* **Your objective**
This task calls for every entry below to be repeated exactly.

* **Data for the task**
════════════════════

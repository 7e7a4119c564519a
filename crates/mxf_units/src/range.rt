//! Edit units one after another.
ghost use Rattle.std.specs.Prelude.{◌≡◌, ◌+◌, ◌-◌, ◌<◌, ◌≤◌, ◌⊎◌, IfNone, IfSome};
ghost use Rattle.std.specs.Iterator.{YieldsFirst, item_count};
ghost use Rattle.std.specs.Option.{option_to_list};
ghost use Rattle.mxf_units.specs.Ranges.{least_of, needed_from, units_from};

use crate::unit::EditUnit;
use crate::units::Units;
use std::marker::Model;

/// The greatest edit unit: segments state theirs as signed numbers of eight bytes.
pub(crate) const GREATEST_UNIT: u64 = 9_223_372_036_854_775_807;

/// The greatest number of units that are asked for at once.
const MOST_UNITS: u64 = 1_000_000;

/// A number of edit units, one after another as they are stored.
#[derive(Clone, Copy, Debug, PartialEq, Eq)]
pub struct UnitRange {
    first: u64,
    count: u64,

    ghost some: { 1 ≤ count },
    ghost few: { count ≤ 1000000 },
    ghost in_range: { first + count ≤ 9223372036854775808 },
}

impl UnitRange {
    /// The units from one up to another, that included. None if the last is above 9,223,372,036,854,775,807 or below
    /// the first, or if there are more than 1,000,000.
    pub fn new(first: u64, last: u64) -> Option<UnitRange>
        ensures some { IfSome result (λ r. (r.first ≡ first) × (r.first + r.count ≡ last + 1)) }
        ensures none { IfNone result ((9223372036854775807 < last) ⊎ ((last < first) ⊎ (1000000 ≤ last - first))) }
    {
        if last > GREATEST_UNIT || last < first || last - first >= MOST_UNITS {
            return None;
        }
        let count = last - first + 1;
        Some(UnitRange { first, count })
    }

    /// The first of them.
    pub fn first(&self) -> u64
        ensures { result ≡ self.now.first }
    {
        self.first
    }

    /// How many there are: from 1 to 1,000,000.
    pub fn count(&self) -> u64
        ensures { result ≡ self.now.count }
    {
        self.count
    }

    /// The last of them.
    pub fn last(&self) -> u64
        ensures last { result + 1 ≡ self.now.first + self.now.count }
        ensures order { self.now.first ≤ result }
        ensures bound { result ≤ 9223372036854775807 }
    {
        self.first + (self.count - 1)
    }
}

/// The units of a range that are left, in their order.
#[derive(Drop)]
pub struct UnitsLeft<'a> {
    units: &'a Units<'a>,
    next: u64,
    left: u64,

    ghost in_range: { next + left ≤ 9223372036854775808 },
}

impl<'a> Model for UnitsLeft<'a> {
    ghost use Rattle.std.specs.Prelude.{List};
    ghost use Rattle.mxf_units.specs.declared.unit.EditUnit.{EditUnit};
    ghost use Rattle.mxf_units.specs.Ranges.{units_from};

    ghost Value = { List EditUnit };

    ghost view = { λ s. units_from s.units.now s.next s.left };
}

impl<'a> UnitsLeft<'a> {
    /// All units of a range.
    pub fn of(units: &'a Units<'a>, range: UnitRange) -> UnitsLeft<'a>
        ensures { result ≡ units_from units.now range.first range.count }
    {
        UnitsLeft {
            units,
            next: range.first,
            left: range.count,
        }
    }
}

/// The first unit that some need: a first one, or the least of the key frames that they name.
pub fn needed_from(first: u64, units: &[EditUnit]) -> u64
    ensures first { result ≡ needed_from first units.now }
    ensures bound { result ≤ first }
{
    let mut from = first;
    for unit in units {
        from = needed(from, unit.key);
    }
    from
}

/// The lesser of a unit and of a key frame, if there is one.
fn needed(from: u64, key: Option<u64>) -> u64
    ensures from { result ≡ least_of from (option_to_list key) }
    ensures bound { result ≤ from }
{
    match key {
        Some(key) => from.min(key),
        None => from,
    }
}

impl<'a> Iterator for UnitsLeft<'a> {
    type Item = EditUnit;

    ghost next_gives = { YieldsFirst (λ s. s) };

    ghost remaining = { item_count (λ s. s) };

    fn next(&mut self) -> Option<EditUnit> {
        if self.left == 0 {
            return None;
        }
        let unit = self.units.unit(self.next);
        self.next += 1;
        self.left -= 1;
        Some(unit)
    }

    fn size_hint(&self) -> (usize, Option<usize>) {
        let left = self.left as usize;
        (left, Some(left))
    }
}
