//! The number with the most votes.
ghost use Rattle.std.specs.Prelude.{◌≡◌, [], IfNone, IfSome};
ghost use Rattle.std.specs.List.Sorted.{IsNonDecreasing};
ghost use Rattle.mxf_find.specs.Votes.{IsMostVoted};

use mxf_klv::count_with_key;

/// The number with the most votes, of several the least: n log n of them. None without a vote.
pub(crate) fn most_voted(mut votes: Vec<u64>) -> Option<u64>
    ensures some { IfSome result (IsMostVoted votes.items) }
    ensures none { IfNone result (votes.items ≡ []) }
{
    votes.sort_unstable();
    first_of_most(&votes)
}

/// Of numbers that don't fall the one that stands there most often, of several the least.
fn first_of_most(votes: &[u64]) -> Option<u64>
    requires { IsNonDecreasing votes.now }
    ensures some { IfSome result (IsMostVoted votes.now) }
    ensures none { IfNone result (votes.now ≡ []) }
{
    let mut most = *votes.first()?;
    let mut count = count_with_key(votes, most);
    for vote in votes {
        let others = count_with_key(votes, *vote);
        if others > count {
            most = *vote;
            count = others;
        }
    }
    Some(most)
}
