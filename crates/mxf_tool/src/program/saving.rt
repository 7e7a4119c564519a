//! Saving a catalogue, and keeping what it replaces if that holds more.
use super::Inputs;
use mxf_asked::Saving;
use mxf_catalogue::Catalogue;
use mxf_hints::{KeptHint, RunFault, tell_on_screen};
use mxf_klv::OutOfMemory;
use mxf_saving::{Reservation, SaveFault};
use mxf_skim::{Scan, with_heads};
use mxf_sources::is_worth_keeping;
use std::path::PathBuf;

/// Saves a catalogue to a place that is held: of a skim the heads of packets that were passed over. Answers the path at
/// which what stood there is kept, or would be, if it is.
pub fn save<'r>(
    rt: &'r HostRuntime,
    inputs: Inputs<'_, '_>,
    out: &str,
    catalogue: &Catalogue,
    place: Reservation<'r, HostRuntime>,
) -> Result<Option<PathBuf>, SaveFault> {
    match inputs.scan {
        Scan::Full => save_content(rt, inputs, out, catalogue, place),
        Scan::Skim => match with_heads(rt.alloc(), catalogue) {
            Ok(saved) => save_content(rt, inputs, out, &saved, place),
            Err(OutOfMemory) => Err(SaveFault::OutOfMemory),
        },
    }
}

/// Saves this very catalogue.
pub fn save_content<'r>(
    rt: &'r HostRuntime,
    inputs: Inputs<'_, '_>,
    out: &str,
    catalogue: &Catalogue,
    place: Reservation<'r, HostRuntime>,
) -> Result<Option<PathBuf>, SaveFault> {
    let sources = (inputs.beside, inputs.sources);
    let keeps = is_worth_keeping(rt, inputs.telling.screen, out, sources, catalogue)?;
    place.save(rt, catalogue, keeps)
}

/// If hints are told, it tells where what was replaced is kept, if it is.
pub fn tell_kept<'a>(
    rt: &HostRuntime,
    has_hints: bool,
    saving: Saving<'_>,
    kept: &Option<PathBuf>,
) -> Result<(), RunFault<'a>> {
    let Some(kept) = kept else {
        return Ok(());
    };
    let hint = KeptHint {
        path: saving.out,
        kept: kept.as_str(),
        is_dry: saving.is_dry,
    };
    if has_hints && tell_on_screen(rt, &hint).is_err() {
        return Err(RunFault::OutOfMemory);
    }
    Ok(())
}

════════════════════

* **Response area**
repository 7e7a4119c564519a
filename crates/mxf_units/src/range.rt
//! Edit units one after another.
ghost use Rattle.std.specs.Prelude.{◌≡◌, ◌+◌, ◌-◌, ◌<◌, ◌≤◌, ◌⊎◌, IfNone, IfSome};
ghost use Rattle.std.specs.Iterator.{YieldsFirst, item_count};
ghost use Rattle.std.specs.Option.{option_to_list};
ghost use Rattle.mxf_units.specs.Ranges.{least_of, needed_from, units_from};

use crate::unit::EditUnit;
use crate::units::Units;
use std::marker::Model;

/// The greatest edit unit: segments state theirs as signed numbers of eight bytes.
pub(crate) const GREATEST_UNIT: u64 = 9_223_372_036_854_775_807;

/// The greatest number of units that are asked for at once.
const MOST_UNITS: u64 = 1_000_000;

/// A number of edit units, one after another as they are stored.
#[derive(Clone, Copy, Debug, PartialEq, Eq)]
pub struct UnitRange {
    first: u64,
    count: u64,

    ghost some: { 1 ≤ count },
    ghost few: { count ≤ 1000000 },
    ghost in_range: { first + count ≤ 9223372036854775808 },
}

impl UnitRange {
    /// The units from one up to another, that included. None if the last is above 9,223,372,036,854,775,807 or below
    /// the first, or if there are more than 1,000,000.
    pub fn new(first: u64, last: u64) -> Option<UnitRange>
        ensures some { IfSome result (λ r. (r.first ≡ first) × (r.first + r.count ≡ last + 1)) }
        ensures none { IfNone result ((9223372036854775807 < last) ⊎ ((last < first) ⊎ (1000000 ≤ last - first))) }
    {
        if last > GREATEST_UNIT || last < first || last - first >= MOST_UNITS {
            return None;
        }
        let count = last - first + 1;
        Some(UnitRange { first, count })
    }

    /// The first of them.
    pub fn first(&self) -> u64
        ensures { result ≡ self.now.first }
    {
        self.first
    }

    /// How many there are: from 1 to 1,000,000.
    pub fn count(&self) -> u64
        ensures { result ≡ self.now.count }
    {
        self.count
    }

    /// The last of them.
    pub fn last(&self) -> u64
        ensures last { result + 1 ≡ self.now.first + self.now.count }
        ensures order { self.now.first ≤ result }
        ensures bound { result ≤ 9223372036854775807 }
    {
        self.first + (self.count - 1)
    }
}

/// The units of a range that are left, in their order.
#[derive(Drop)]
pub struct UnitsLeft<'a> {
    units: &'a Units<'a>,
    next: u64,
    left: u64,

    ghost in_range: { next + left ≤ 9223372036854775808 },
}

impl<'a> Model for UnitsLeft<'a> {
    ghost use Rattle.std.specs.Prelude.{List};
    ghost use Rattle.mxf_units.specs.declared.unit.EditUnit.{EditUnit};
    ghost use Rattle.mxf_units.specs.Ranges.{units_from};

    ghost Value = { List EditUnit };

    ghost view = { λ s. units_from s.units.now s.next s.left };
}

impl<'a> UnitsLeft<'a> {
    /// All units of a range.
    pub fn of(units: &'a Units<'a>, range: UnitRange) -> UnitsLeft<'a>
        ensures { result ≡ units_from units.now range.first range.count }
    {
        UnitsLeft {
            units,
            next: range.first,
            left: range.count,
        }
    }
}

/// The first unit that some need: a first one, or the least of the key frames that they name.
pub fn needed_from(first: u64, units: &[EditUnit]) -> u64
    ensures first { result ≡ needed_from first units.now }
    ensures bound { result ≤ first }
{
    let mut from = first;
    for unit in units {
        from = needed(from, unit.key);
    }
    from
}

/// The lesser of a unit and of a key frame, if there is one.
fn needed(from: u64, key: Option<u64>) -> u64
    ensures from { result ≡ least_of from (option_to_list key) }
    ensures bound { result ≤ from }
{
    match key {
        Some(key) => from.min(key),
        None => from,
    }
}

impl<'a> Iterator for UnitsLeft<'a> {
    type Item = EditUnit;

    ghost next_gives = { YieldsFirst (λ s. s) };

    ghost remaining = { item_count (λ s. s) };

    fn next(&mut self) -> Option<EditUnit> {
        if self.left == 0 {
            return None;
        }
        let unit = self.units.unit(self.next);
        self.next += 1;
        self.left -= 1;
        Some(unit)
    }

    fn size_hint(&self) -> (usize, Option<usize>) {
        let left = self.left as usize;
        (left, Some(left))
    }
}
//! The number with the most votes.
ghost use Rattle.std.specs.Prelude.{◌≡◌, [], IfNone, IfSome};
ghost use Rattle.std.specs.List.Sorted.{IsNonDecreasing};
ghost use Rattle.mxf_find.specs.Votes.{IsMostVoted};

use mxf_klv::count_with_key;

/// The number with the most votes, of several the least: n log n of them. None without a vote.
pub(crate) fn most_voted(mut votes: Vec<u64>) -> Option<u64>
    ensures some { IfSome result (IsMostVoted votes.items) }
    ensures none { IfNone result (votes.items ≡ []) }
{
    votes.sort_unstable();
    first_of_most(&votes)
}

/// Of numbers that don't fall the one that stands there most often, of several the least.
fn first_of_most(votes: &[u64]) -> Option<u64>
    requires { IsNonDecreasing votes.now }
    ensures some { IfSome result (IsMostVoted votes.now) }
    ensures none { IfNone result (votes.now ≡ []) }
{
    let mut most = *votes.first()?;
    let mut count = count_with_key(votes, most);
    for vote in votes {
        let others = count_with_key(votes, *vote);
        if others > count {
            most = *vote;
            count = others;
        }
    }
    Some(most)
}
filename crates/mxf_tool/src/program/saving.rt
repository 7e7a4119c564519a
//! Saving a catalogue, and keeping what it replaces if that holds more.
use super::Inputs;
use mxf_asked::Saving;
use mxf_catalogue::Catalogue;
use mxf_hints::{KeptHint, RunFault, tell_on_screen};
use mxf_klv::OutOfMemory;
use mxf_saving::{Reservation, SaveFault};
use mxf_skim::{Scan, with_heads};
use mxf_sources::is_worth_keeping;
use std::path::PathBuf;

/// Saves a catalogue to a place that is held: of a skim the heads of packets that were passed over. Answers the path at
/// which what stood there is kept, or would be, if it is.
pub fn save<'r>(
    rt: &'r HostRuntime,
    inputs: Inputs<'_, '_>,
    out: &str,
    catalogue: &Catalogue,
    place: Reservation<'r, HostRuntime>,
) -> Result<Option<PathBuf>, SaveFault> {
    match inputs.scan {
        Scan::Full => save_content(rt, inputs, out, catalogue, place),
        Scan::Skim => match with_heads(rt.alloc(), catalogue) {
            Ok(saved) => save_content(rt, inputs, out, &saved, place),
            Err(OutOfMemory) => Err(SaveFault::OutOfMemory),
        },
    }
}

/// Saves this very catalogue.
pub fn save_content<'r>(
    rt: &'r HostRuntime,
    inputs: Inputs<'_, '_>,
    out: &str,
    catalogue: &Catalogue,
    place: Reservation<'r, HostRuntime>,
) -> Result<Option<PathBuf>, SaveFault> {
    let sources = (inputs.beside, inputs.sources);
    let keeps = is_worth_keeping(rt, inputs.telling.screen, out, sources, catalogue)?;
    place.save(rt, catalogue, keeps)
}

/// If hints are told, it tells where what was replaced is kept, if it is.
pub fn tell_kept<'a>(
    rt: &HostRuntime,
    has_hints: bool,
    saving: Saving<'_>,
    kept: &Option<PathBuf>,
) -> Result<(), RunFault<'a>> {
    let Some(kept) = kept else {
        return Ok(());
    };
    let hint = KeptHint {
        path: saving.out,
        kept: kept.as_str(),
        is_dry: saving.is_dry,
    };
    if has_hints && tell_on_screen(rt, &hint).is_err() {
        return Err(RunFault::OutOfMemory);
    }
    Ok(())
}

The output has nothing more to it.